### Extracted data entries

◆ ◆ ◆ ◆ ◆

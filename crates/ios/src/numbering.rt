// The line that an entry makes under a number.
ghost use Rattle.std.specs.Prelude.{◌≡◌, ◌≤◌};
ghost use Rattle.acl.specs.Shapes.{shape};
ghost use Rattle.ios.specs.Entries.{entry_shape, numbered};

use crate::entry::Entry;
use acl::line::Line;

impl Entry {
    pub(crate) fn numbered(self, number: u16) -> Line
        requires { (1 ≤ number) × (number ≤ 1024) }
        ensures { shape result ≡ numbered number (entry_shape self) }
    {
        let Entry {
            action,
            protocol,
            log,
            source,
            destination,
        } = self;
        Line {
            action,
            number,
            protocol,
            log,
            source,
            destination,
        }
    }
}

◆ ◆ ◆ ◆ ◆

### TASK PROMPT
Lines from the one containing "use acl::line::Line;" to the last line above, both included: copy these exactly and write nothing else.

### EXERCISE OUTPUT
use acl::line::Line;

impl Entry {
    pub(crate) fn numbered(self, number: u16) -> Line
        requires { (1 ≤ number) × (number ≤ 1024) }
        ensures { shape result ≡ numbered number (entry_shape self) }
    {
        let Entry {
            action,
            protocol,
            log,
            source,
            destination,
        } = self;
        Line {
            action,
            number,
            protocol,
            log,
            source,
            destination,
        }
    }
}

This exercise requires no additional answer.